■ **Data**
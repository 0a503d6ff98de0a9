//! The commands that are programs of the host, and the world that has them.
ghost use Rattle.std.specs.Prelude.{◌≡◌, IfOk};
ghost use Rattle.ados_machine.specs.World.{fresh_world};

use crate::faults::{Fault, bad_words};
use crate::host_faults::{bad_line, refusal};
use ados_session::{FileFault, HOSTS_BYTES, read_hosts};
use ados_text::Text;
use ados_transfer::{BRING, ascii, last_piece, step_into};
use ados_world::{Dialect, HostEntry, NewFault, World, hosts_fault};
use execute_options::{Options, OptionsFault, bytes_within};
use std::alloc::Global;
use std::os::unix::fs::PermissionsExt;
use std::rt::{Env, Files};
use std::{env, fs};

// The variable of the environment that names a file of hosts.
const VARIABLE: &str = "AMISHELL_HOSTS";

// The file of the stand-ins, in a folder above the program's folder.
const COMMON: &str = "share/amishell/common";

// How many folders above the program's are looked at.
const FOLDERS_ABOVE: usize = 4;

/// The commands that the options name: the one that brings in, those of the file of hosts, those of `--host`, and those
/// stand-ins whose names are free.
pub fn hosts_for<R: AllocGlobal + Files + Env>(
    rt: &R,
    options: &Options<'_>,
) -> Result<Vec<HostEntry>, Fault> {
    let dialect = options.dialect;
    let mut hosts = Vec::new(rt.alloc());
    add_file(rt, dialect, options.hosts, &mut hosts)?;
    for words in &options.host {
        add_words(rt, dialect, words, &mut hosts)?;
    }
    let bring = HostEntry {
        name: Text::from_bytes(rt.alloc(), BRING)?,
        program: Text::from_bytes(rt.alloc(), BRING)?,
    };
    hosts.push(bring)?;
    match hosts_fault(dialect, hosts.as_slice()) {
        None => {}
        Some(NewFault::TooMany) => return Err(Fault::ManyHosts),
        Some(_) => return Err(Fault::OwnName),
    }
    if options.common {
        add_common(rt, dialect, &mut hosts)?;
    }
    Ok(hosts)
}

/// A world of a dialect in which nothing happened, with these commands.
#[inline(always)]
pub fn world_with(alloc: Global, dialect: Dialect, hosts: &[HostEntry]) -> Result<World, Fault>
    ensures { IfOk result (λ world. world ≡ fresh_world dialect hosts.now) }
{
    match World::with_dialect(alloc, hosts, dialect) {
        Ok(world) => Ok(world),
        Err(NewFault::NoMemory) => Err(Fault::Memory),
        Err(_) => Err(Fault::ManyHosts),
    }
}

// Adds a command; `false` if a world can't be made with it, and then it is left out.
fn add(dialect: Dialect, hosts: &mut Vec<HostEntry>, host: HostEntry) -> Result<bool, Fault> {
    hosts.push(host)?;
    if hosts_fault(dialect, hosts.as_slice()).is_some() {
        hosts.pop();
        return Ok(false);
    }
    Ok(true)
}

// Adds the commands of the file of hosts, which the options or the environment name.
fn add_file<R: AllocGlobal + Files + Env>(
    rt: &R,
    dialect: Dialect,
    file: Option<&str>,
    hosts: &mut Vec<HostEntry>,
) -> Result<(), Fault> {
    if let Some(file) = file {
        return add_lines(rt, dialect, file, hosts);
    }
    match env::var(rt, VARIABLE) {
        Ok(file) if !file.is_empty() => add_lines(rt, dialect, file.as_str(), hosts),
        _ => Ok(()),
    }
}

fn add_lines<R: AllocGlobal + Files>(
    rt: &R,
    dialect: Dialect,
    file: &str,
    hosts: &mut Vec<HostEntry>,
) -> Result<(), Fault> {
    for host in read_file(rt, dialect, file)? {
        let _ = add(dialect, hosts, host)?;
    }
    Ok(())
}

// The commands that a file names.
fn read_file<R: AllocGlobal + Files>(
    rt: &R,
    dialect: Dialect,
    file: &str,
) -> Result<Vec<HostEntry>, Fault> {
    let bytes = bytes_within(rt, file, HOSTS_BYTES)?;
    match read_hosts(rt.alloc(), dialect, bytes.as_slice()) {
        Ok(hosts) => Ok(hosts),
        Err(FileFault::BadLine(line)) => Err(bad_line(
            rt.alloc(),
            dialect,
            file,
            line,
            bytes.as_slice(),
        )),
        Err(FileFault::NoMemory) => Err(Fault::Memory),
    }
}

// Adds the command of words of `--host`, which are `NAME` or `NAME=PROGRAM`.
fn add_words<R: AllocGlobal + Files + Env>(
    rt: &R,
    dialect: Dialect,
    words: &str,
    hosts: &mut Vec<HostEntry>,
) -> Result<(), Fault> {
    let (name, program) = words.split_once('=').unwrap_or((words, words));
    if name.is_empty() {
        return Err(bad_words(rt.alloc(), "--host", words, "no name"));
    }
    if program.is_empty() {
        return Err(bad_words(rt.alloc(), "--host", words, "no program"));
    }
    let host = HostEntry {
        name: ascii(rt.alloc(), name)?,
        program: ascii(rt.alloc(), program)?,
    };
    if let Some(fault) = refusal(rt.alloc(), dialect, &host, hosts.as_slice())? {
        return Err(fault);
    }
    if !add(dialect, hosts, host)? {
        return Err(Fault::ManyHosts);
    }
    if !is_found(rt, program)? {
        return Err(Fault::NotInPath(String::from_str(rt.alloc(), words)?));
    }
    Ok(())
}

// A program that is named without a slash is in a folder of PATH. Where that names a folder by a path that is not whole, which one
// it is shows only when the program starts.
fn is_found<R: AllocGlobal + Files + Env>(rt: &R, program: &str) -> Result<bool, Fault> {
    if program.contains('/') {
        return Ok(true);
    }
    let Ok(path) = env::var(rt, "PATH") else {
        return Ok(true);
    };
    for folder in path.as_str().split(':') {
        if !folder.starts_with('/') {
            return Ok(true);
        }
        let file = step_into(rt.alloc(), folder, program)?;
        if is_program(rt, file.as_str()) {
            return Ok(true);
        }
    }
    Ok(false)
}

// At a path there is a file that may be executed.
fn is_program<R: Files>(rt: &R, path: &str) -> bool {
    match fs::metadata(rt, path) {
        Ok(found) => found.is_file() && found.permissions().mode() & 0o111 != 0,
        Err(_) => false,
    }
}

// Adds the stand-ins. Their programs are in the folder of their file.
fn add_common<R: AllocGlobal + Files>(
    rt: &R,
    dialect: Dialect,
    hosts: &mut Vec<HostEntry>,
) -> Result<(), Fault> {
    let file = common_file(rt)?;
    let folder = file
        .as_str()
        .strip_suffix(last_piece(file.as_str()))
        .unwrap_or("");
    for host in read_file(rt, Dialect::Core, file.as_str())? {
        let program = match std::str::from_utf8(host.program.as_bytes()) {
            Ok(program) => step_into(rt.alloc(), folder, program)?,
            Err(_) => return Err(Fault::Memory),
        };
        let stand_in = HostEntry {
            name: host.name,
            program: ascii(rt.alloc(), program.as_str())?,
        };
        let _ = add(dialect, hosts, stand_in)?;
    }
    Ok(())
}

// The file of the stand-ins, in the nearest folder above this program that has it.
fn common_file<R: AllocGlobal + Files>(rt: &R) -> Result<String, Fault> {
    let Ok(program) = env::current_exe(rt) else {
        return Err(no_common(rt.alloc()));
    };
    let path = program.as_path().as_str();
    let mut folder = String::from_str(
        rt.alloc(),
        path.strip_suffix(last_piece(path)).unwrap_or(""),
    )?;
    for _ in 0..FOLDERS_ABOVE {
        folder = step_into(rt.alloc(), folder.as_str(), "..")?;
        let file = step_into(rt.alloc(), folder.as_str(), COMMON)?;
        if fs::metadata(rt, file.as_str()).is_ok() {
            return Ok(file);
        }
    }
    Err(no_common(rt.alloc()))
}

// The fault where the stand-ins' file is not found.
fn no_common(alloc: Global) -> Fault {
    Fault::from(OptionsFault::without_reason(alloc, COMMON))
}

■ **Description of the task**
Write all the entries again precisely as they were given.

■ **Exercise response**
repository 0a503d6ff98de0a9
//! The commands that are programs of the host, and the world that has them.
ghost use Rattle.std.specs.Prelude.{◌≡◌, IfOk};
ghost use Rattle.ados_machine.specs.World.{fresh_world};

use crate::faults::{Fault, bad_words};
use crate::host_faults::{bad_line, refusal};
use ados_session::{FileFault, HOSTS_BYTES, read_hosts};
use ados_text::Text;
use ados_transfer::{BRING, ascii, last_piece, step_into};
use ados_world::{Dialect, HostEntry, NewFault, World, hosts_fault};
use execute_options::{Options, OptionsFault, bytes_within};
use std::alloc::Global;
use std::os::unix::fs::PermissionsExt;
use std::rt::{Env, Files};
use std::{env, fs};

// The variable of the environment that names a file of hosts.
const VARIABLE: &str = "AMISHELL_HOSTS";

// The file of the stand-ins, in a folder above the program's folder.
const COMMON: &str = "share/amishell/common";

// How many folders above the program's are looked at.
const FOLDERS_ABOVE: usize = 4;

/// The commands that the options name: the one that brings in, those of the file of hosts, those of `--host`, and those
/// stand-ins whose names are free.
pub fn hosts_for<R: AllocGlobal + Files + Env>(
    rt: &R,
    options: &Options<'_>,
) -> Result<Vec<HostEntry>, Fault> {
    let dialect = options.dialect;
    let mut hosts = Vec::new(rt.alloc());
    add_file(rt, dialect, options.hosts, &mut hosts)?;
    for words in &options.host {
        add_words(rt, dialect, words, &mut hosts)?;
    }
    let bring = HostEntry {
        name: Text::from_bytes(rt.alloc(), BRING)?,
        program: Text::from_bytes(rt.alloc(), BRING)?,
    };
    hosts.push(bring)?;
    match hosts_fault(dialect, hosts.as_slice()) {
        None => {}
        Some(NewFault::TooMany) => return Err(Fault::ManyHosts),
        Some(_) => return Err(Fault::OwnName),
    }
    if options.common {
        add_common(rt, dialect, &mut hosts)?;
    }
    Ok(hosts)
}

/// A world of a dialect in which nothing happened, with these commands.
#[inline(always)]
pub fn world_with(alloc: Global, dialect: Dialect, hosts: &[HostEntry]) -> Result<World, Fault>
    ensures { IfOk result (λ world. world ≡ fresh_world dialect hosts.now) }
{
    match World::with_dialect(alloc, hosts, dialect) {
        Ok(world) => Ok(world),
        Err(NewFault::NoMemory) => Err(Fault::Memory),
        Err(_) => Err(Fault::ManyHosts),
    }
}

// Adds a command; `false` if a world can't be made with it, and then it is left out.
fn add(dialect: Dialect, hosts: &mut Vec<HostEntry>, host: HostEntry) -> Result<bool, Fault> {
    hosts.push(host)?;
    if hosts_fault(dialect, hosts.as_slice()).is_some() {
        hosts.pop();
        return Ok(false);
    }
    Ok(true)
}

// Adds the commands of the file of hosts, which the options or the environment name.
fn add_file<R: AllocGlobal + Files + Env>(
    rt: &R,
    dialect: Dialect,
    file: Option<&str>,
    hosts: &mut Vec<HostEntry>,
) -> Result<(), Fault> {
    if let Some(file) = file {
        return add_lines(rt, dialect, file, hosts);
    }
    match env::var(rt, VARIABLE) {
        Ok(file) if !file.is_empty() => add_lines(rt, dialect, file.as_str(), hosts),
        _ => Ok(()),
    }
}

fn add_lines<R: AllocGlobal + Files>(
    rt: &R,
    dialect: Dialect,
    file: &str,
    hosts: &mut Vec<HostEntry>,
) -> Result<(), Fault> {
    for host in read_file(rt, dialect, file)? {
        let _ = add(dialect, hosts, host)?;
    }
    Ok(())
}

// The commands that a file names.
fn read_file<R: AllocGlobal + Files>(
    rt: &R,
    dialect: Dialect,
    file: &str,
) -> Result<Vec<HostEntry>, Fault> {
    let bytes = bytes_within(rt, file, HOSTS_BYTES)?;
    match read_hosts(rt.alloc(), dialect, bytes.as_slice()) {
        Ok(hosts) => Ok(hosts),
        Err(FileFault::BadLine(line)) => Err(bad_line(
            rt.alloc(),
            dialect,
            file,
            line,
            bytes.as_slice(),
        )),
        Err(FileFault::NoMemory) => Err(Fault::Memory),
    }
}

// Adds the command of words of `--host`, which are `NAME` or `NAME=PROGRAM`.
fn add_words<R: AllocGlobal + Files + Env>(
    rt: &R,
    dialect: Dialect,
    words: &str,
    hosts: &mut Vec<HostEntry>,
) -> Result<(), Fault> {
    let (name, program) = words.split_once('=').unwrap_or((words, words));
    if name.is_empty() {
        return Err(bad_words(rt.alloc(), "--host", words, "no name"));
    }
    if program.is_empty() {
        return Err(bad_words(rt.alloc(), "--host", words, "no program"));
    }
    let host = HostEntry {
        name: ascii(rt.alloc(), name)?,
        program: ascii(rt.alloc(), program)?,
    };
    if let Some(fault) = refusal(rt.alloc(), dialect, &host, hosts.as_slice())? {
        return Err(fault);
    }
    if !add(dialect, hosts, host)? {
        return Err(Fault::ManyHosts);
    }
    if !is_found(rt, program)? {
        return Err(Fault::NotInPath(String::from_str(rt.alloc(), words)?));
    }
    Ok(())
}

// A program that is named without a slash is in a folder of PATH. Where that names a folder by a path that is not whole, which one
// it is shows only when the program starts.
fn is_found<R: AllocGlobal + Files + Env>(rt: &R, program: &str) -> Result<bool, Fault> {
    if program.contains('/') {
        return Ok(true);
    }
    let Ok(path) = env::var(rt, "PATH") else {
        return Ok(true);
    };
    for folder in path.as_str().split(':') {
        if !folder.starts_with('/') {
            return Ok(true);
        }
        let file = step_into(rt.alloc(), folder, program)?;
        if is_program(rt, file.as_str()) {
            return Ok(true);
        }
    }
    Ok(false)
}

// At a path there is a file that may be executed.
fn is_program<R: Files>(rt: &R, path: &str) -> bool {
    match fs::metadata(rt, path) {
        Ok(found) => found.is_file() && found.permissions().mode() & 0o111 != 0,
        Err(_) => false,
    }
}

// Adds the stand-ins. Their programs are in the folder of their file.
fn add_common<R: AllocGlobal + Files>(
    rt: &R,
    dialect: Dialect,
    hosts: &mut Vec<HostEntry>,
) -> Result<(), Fault> {
    let file = common_file(rt)?;
    let folder = file
        .as_str()
        .strip_suffix(last_piece(file.as_str()))
        .unwrap_or("");
    for host in read_file(rt, Dialect::Core, file.as_str())? {
        let program = match std::str::from_utf8(host.program.as_bytes()) {
            Ok(program) => step_into(rt.alloc(), folder, program)?,
            Err(_) => return Err(Fault::Memory),
        };
        let stand_in = HostEntry {
            name: host.name,
            program: ascii(rt.alloc(), program.as_str())?,
        };
        let _ = add(dialect, hosts, stand_in)?;
    }
    Ok(())
}

// The file of the stand-ins, in the nearest folder above this program that has it.
fn common_file<R: AllocGlobal + Files>(rt: &R) -> Result<String, Fault> {
    let Ok(program) = env::current_exe(rt) else {
        return Err(no_common(rt.alloc()));
    };
    let path = program.as_path().as_str();
    let mut folder = String::from_str(
        rt.alloc(),
        path.strip_suffix(last_piece(path)).unwrap_or(""),
    )?;
    for _ in 0..FOLDERS_ABOVE {
        folder = step_into(rt.alloc(), folder.as_str(), "..")?;
        let file = step_into(rt.alloc(), folder.as_str(), COMMON)?;
        if fs::metadata(rt, file.as_str()).is_ok() {
            return Ok(file);
        }
    }
    Err(no_common(rt.alloc()))
}

// The fault where the stand-ins' file is not found.
fn no_common(alloc: Global) -> Fault {
    Fault::from(OptionsFault::without_reason(alloc, COMMON))
}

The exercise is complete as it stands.